Le Programme du DPP est un dédommagement visant à compenser les pertes subies par les auteurs en lien avec la présence de leurs livres en bibliothèque. En effet, si les lecteurs empruntent les livres plutôt que de les acheter, cela fait moins d’argent dans les poches des écrivains. Cela dit, ce ne sont pas tous les livres qui donnent droit au DPP ; des critères d’admissibilité précis s’appliquent et, comme le souligne le Programme dans son site web, l’admissibilité d’un livre ne signifie pas que son auteur recevra automatiquement un paiement — pour en savoir plus, cliquez ici.

Pendant plus de 30 ans, il n’y a pas eu de limite de temps pour l’admissibilité des titres. Depuis cette année, la Commission du DPP impose une limite de 25 ans, en invoquant les raisons suivantes : il y a de plus en plus de nouveaux écrivains (800 nouveaux écrivains inscrits chaque année), de plus en plus de nouveaux titres (auxquels se sont ajoutés des titres numériques) et, bien que le budget du Programme ait été récemment bonifié, il n’est pas illimité.
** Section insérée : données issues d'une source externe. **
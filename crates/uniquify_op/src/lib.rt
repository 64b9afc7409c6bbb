//! Uniquify over cells: each occurrence of a block gets a cell of its own; and unique-path, by which those along a path do.
#![tactic(auto)]

mod blocks;
mod frame;
mod met;
mod op;
mod visits;
mod walk;

pub use op::uniquify;
pub use uniquify_blocks::unique_path;
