//! What the texts of Cedar's extension types are read as, as functions of the text.
//!
//! The definitions stand in `specs/`; the crate has no code but the laws over them.
#![tactic(auto)]

pub mod laws;
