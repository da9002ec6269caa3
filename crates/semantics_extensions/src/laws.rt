//! The laws of readings, of written texts and of tests.
ghost use Rattle.std.specs.Int.{w64};
ghost use Rattle.std.specs.Net.Addr.{IsIpv4Addr, IsIpv6Addr, MatchIp};
ghost use Rattle.std.specs.Prelude.{◌≡◌, ◌↔◌, ◌<◌, ◌^◌, FitsSigned, IsTrue, List, Some, codes};
ghost use Rattle.std.specs.Prelude.{pos, ℕ};
ghost use Rattle.cedar_extensions.specs.declared.datetime.Datetime.{Datetime};
ghost use Rattle.cedar_extensions.specs.declared.decimal.Decimal.{Decimal};
ghost use Rattle.cedar_extensions.specs.declared.duration.Duration.{Duration};
ghost use Rattle.cedar_extensions.specs.declared.ip_addr.IpAddr.{IpAddr};
ghost use Rattle.cedar_extensions.specs.Datetimes.{IsDatetimeText};
ghost use Rattle.cedar_extensions.specs.Decimals.{IsDecimalText, decimal_text};
ghost use Rattle.cedar_extensions.specs.Durations.{IsDurationText, duration_text};
ghost use Rattle.cedar_extensions.specs.IpAddrs.{
  IsIpAddrText,
  IsLoopback,
  IsMulticast,
  IsRangeWithin,
  address_of,
  ip_addr_text,
};
ghost use Rattle.cedar_extensions.specs.Ranges.{bits_of, width_of};
ghost use Rattle.semantics_extensions.specs.Datetimes.{moment};
ghost use Rattle.semantics_extensions.specs.Readings.{
  datetime_in,
  decimal_in,
  duration_in,
  ip_addr_in,
};
ghost use Rattle.semantics_extensions.specs.Tests.{is_in_range, is_loopback, is_multicast};

use cedar_extensions::laws::{ranges_by_bits, texts_are_unique};

/// What a text is read as is what it stands for, and nothing where it stands for nothing.
pub fn readings_are_exact()
    ensures decimals { (text : List ℕ) (d : Decimal) →
        (decimal_in text ≡ Some d) ↔ IsDecimalText text d }
    ensures durations { (text : List ℕ) (d : Duration) →
        (duration_in text ≡ Some d) ↔ IsDurationText text d }
    ensures ranges { (text : List ℕ) (r : IpAddr) →
        (ip_addr_in text ≡ Some r) ↔ IsIpAddrText text r }
    ensures moments { (text : List ℕ) (d : Datetime) →
        (datetime_in text ≡ Some d) ↔ IsDatetimeText text d }
{
    texts_are_unique();
}

/// The text of a decimal, of a duration and of a range is read as the value that it was written of,
/// if 64 bits hold the number, or the address is one of its version. The first day of 1970 is read
/// as the moment from which others are counted.
pub fn written_texts_are_read()
    ensures decimals { (d : Decimal) → FitsSigned w64 d.ten_thousandths →
        decimal_in (decimal_text d.ten_thousandths) ≡ Some d }
    ensures durations { (d : Duration) → FitsSigned w64 d.milliseconds →
        duration_in (duration_text d.milliseconds) ≡ Some d }
    ensures ranges { (r : IpAddr) → MatchIp (address_of r) IsIpv4Addr IsIpv6Addr →
        ip_addr_in (ip_addr_text r) ≡ Some r }
    ensures epoch { datetime_in (codes "1970-01-01") ≡ Some (moment (pos 0)) }
{
    readings_are_exact();
}

/// The tests of a range answer whether all its addresses pass, if the address has so many bits.
pub fn tests_are_exact()
    ensures loopback { (r : IpAddr) → bits_of (address_of r) < 2 ^ width_of (address_of r) →
        IsTrue (is_loopback r) ↔ IsLoopback r }
    ensures multicast { (r : IpAddr) → bits_of (address_of r) < 2 ^ width_of (address_of r) →
        IsTrue (is_multicast r) ↔ IsMulticast r }
    ensures in_range { (r s : IpAddr) → bits_of (address_of r) < 2 ^ width_of (address_of r) →
        IsTrue (is_in_range r s) ↔ IsRangeWithin r s }
{
    ranges_by_bits();
}
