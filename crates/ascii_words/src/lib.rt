//! The words of ASCII text, and where the cutting of a text begins anew.
#![tactic(auto)]

mod bytes;
mod laws;
mod words;

pub use laws::{restart_at_line_end, restart_in_bytes, words_of_ascii};
pub use words::AsciiWords;

#[cfg(test)]
mod tests;
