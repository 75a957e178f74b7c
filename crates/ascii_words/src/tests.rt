// What no clause says: that the words of a text are found.
use crate::{AsciiWords, restart_at_line_end, restart_in_bytes, words_of_ascii};
use std::test::Fail;

#[test]
fn the_words_of_a_text_come_in_order(rt: HostRuntime) -> Result<(), Fail> {
    let text = "Can't 3.2, _ a_b.\n";
    assert!(rt; text.is_ascii());
    let mut words = AsciiWords::new(text);
    for word in ["Can't", "3.2", "a_b"] {
        assert_eq!(rt; words.next(), Some(word));
    }
    assert_eq!(rt; words.next(), None);
    Ok(())
}

// Their contracts are all that they have.
#[test]
fn laws_can_be_called(_rt: HostRuntime) {
    words_of_ascii();
    restart_at_line_end();
    restart_in_bytes();
}
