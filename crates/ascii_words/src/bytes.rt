// The bytes of ASCII words, and where a piece ends.
ghost use Rattle.std.specs.Prelude.{◌≡◌, ◌+◌, ◌-◌, ◌<◌, true, length, slice_index, IsAscii};
ghost use Rattle.unicode_segmentation.specs.Steps.{IsFirstEnd};
ghost use Rattle.ascii_words.specs.AsciiWords.{is_run, is_bridge, is_ascii_break};
ghost use Rattle.ascii_words.specs.Places.{IsCutAt};

// A letter, a digit or '_'.
pub(crate) fn is_run(byte: u8) -> bool
    ensures { result ≡ is_run byte }
{
    byte.is_ascii_alphanumeric() || byte == b'_'
}

fn is_bridge(before: u8, mid: u8, after: u8) -> bool
    ensures { result ≡ is_bridge before mid after }
{
    let letters = before.is_ascii_alphabetic()
        && (mid == b':' || (mid == b'.' || mid == b'\''))
        && after.is_ascii_alphabetic();
    let digits = before.is_ascii_digit()
        && (mid == b',' || (mid == b';' || (mid == b'.' || mid == b'\'')))
        && after.is_ascii_digit();
    letters || digits
}

// Whether the byte at `at` stands between two bytes of one word.
fn is_bridge_at(bytes: &[u8], at: usize) -> bool
    requires { (0 < at) × (at < length bytes.now) }
    ensures { result ≡ is_bridge (slice_index bytes.now (at - 1)) (slice_index bytes.now at)
        (slice_index bytes.now (at + 1)) }
{
    at + 1 < bytes.len() && is_bridge(bytes[at - 1], bytes[at], bytes[at + 1])
}

// Where the piece ends that begins with this byte of a run.
pub(crate) fn piece_end(text: &[u8], start: usize) -> usize
    requires ascii { IsAscii text.now }
    requires some { start < length text.now }
    requires run { is_run (slice_index text.now start) ≡ true }
    ensures end { IsFirstEnd is_ascii_break text.now start (length text.now) result }
    ensures cut { IsCutAt text.now result }
{
    let mut end = start + 1;
    while end < text.len() {
        if is_run(text[end]) {
            end += 1;
        } else if is_bridge_at(text, end) {
            end += 2;
        } else {
            return end;
        }
    }
    end
}
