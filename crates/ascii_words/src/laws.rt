// What `words` of the kit come to, line by line and in ASCII. Each law is a contract.
ghost use Rattle.ascii_words.specs.Laws.{WordsOfAscii, RestartAtLineEnd, RestartInBytes};

/// The words of an ASCII text are those of a rule that reads four bytes. It does nothing: its
/// contract is a law of the definitions.
pub fn words_of_ascii()
    ensures { WordsOfAscii }
{}

/// The words of a line, a line feed and a rest are those of the line and those of the rest. It does
/// nothing: its contract is a law of the definitions.
pub fn restart_at_line_end()
    ensures { RestartAtLineEnd }
{}

/// The same of bytes that are read as UTF-8 with U+FFFD for what is malformed. It does nothing: its
/// contract is a law of the definitions.
pub fn restart_in_bytes()
    ensures { RestartInBytes }
{}
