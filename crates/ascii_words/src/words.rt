// The words of an ASCII text, one at a time.
ghost use Rattle.std.specs.Prelude.{◌≡◌, ◌<◌, ◌≤◌, [], ◌∷◌, length, slice_range, IsAscii, MatchOption};
ghost use Rattle.std.specs.Char.{is_ascii_alphanumeric};
ghost use Rattle.std.specs.Iterator.{YieldsFirstRef, item_count};
ghost use Rattle.std.specs.List.{list_any};
ghost use Rattle.unicode_segmentation.specs.Word.{words};
ghost use Rattle.ascii_words.specs.Places.{words_left, IsCutAt};

use crate::bytes::{is_run, piece_end};
use std::marker::Model;

fn has_letter_or_digit(piece: &[u8]) -> bool
    ensures { result ≡ list_any is_ascii_alphanumeric piece.now }
{
    piece.iter().any(|byte| byte.is_ascii_alphanumeric())
}

// Where the first word begins and ends, from a place on that no piece reaches over.
fn next_word(text: &[u8], from: usize) -> Option<(usize, usize)>
    requires ascii { IsAscii text.now }
    requires cut { IsCutAt text.now from }
    ensures { MatchOption result (words_left text.now from ≡ []) (λ (start, end).
        (words_left text.now from ≡ slice_range text.now start end ∷ words_left text.now end)
        × (start < end) × IsCutAt text.now end) }
{
    let mut start = from;
    while start < text.len() {
        if is_run(text[start]) {
            let end = piece_end(text, start);
            // A piece of '_' alone is no word.
            if has_letter_or_digit(&text[start..end]) {
                return Some((start, end));
            }
            start = end;
        } else {
            start += 1;
        }
    }
    None
}

/// The words of an ASCII text, in order. Contracts see the list of those that are left.
#[derive(Drop)]
pub struct AsciiWords<'a> {
    text: &'a str,
    // no piece reaches over this place
    at: usize,
}

impl<'a> Model for AsciiWords<'a> {
    ghost use Rattle.std.specs.Prelude.{ℕ, List, IsAscii};
    ghost use Rattle.ascii_words.specs.Places.{words_left, IsCutAt};

    ghost Value = { List (List ℕ) };

    ghost view = { λ words. words_left words.text.now words.at };

    ghost invariant = { λ words. IsAscii words.text.now × IsCutAt words.text.now words.at };
}

impl<'a> AsciiWords<'a> {
    /// All words of an ASCII text.
    pub fn new(text: &'a str) -> AsciiWords<'a>
        requires { IsAscii text.now }
        ensures { result ≡ words text.now }
    {
        AsciiWords { text, at: 0 }
    }
}

impl<'a> Iterator for AsciiWords<'a> {
    type Item = &'a str;

    ghost next_gives = { YieldsFirstRef (λ left. left) };

    ghost remaining = { item_count (λ left. left) };

    fn next(&mut self) -> Option<&'a str> {
        let (start, end) = next_word(self.text.as_bytes(), self.at)?;
        self.at = end;
        Some(&self.text[start..end])
    }
}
C’est pourquoi, chaque année, un même écrivain ne peut recevoir plus qu’un certain montant (un maximum de 3 552,50 $ en 2018, mais cette somme varie annuellement en fonction du budget et du nombre d’inscrits). Pour que les nouveaux auteurs obtiennent leur part du gâteau, la Commission se doit d’établir des limites. Notons par ailleurs que ce sont les ventes des œuvres nouvellement publiées qui sont plus susceptibles de diminuer en raison de leur disponibilité dans les bibliothèques.

Nous comprenons la déception vécue par les auteurs qui publient depuis plus de 25 ans et qui, désormais, verront potentiellement leurs dédommagements réduits. Vivre de sa plume au Québec est un défi, et chaque décision qui modifie les acquis des écrivains peut être perçue comme injuste.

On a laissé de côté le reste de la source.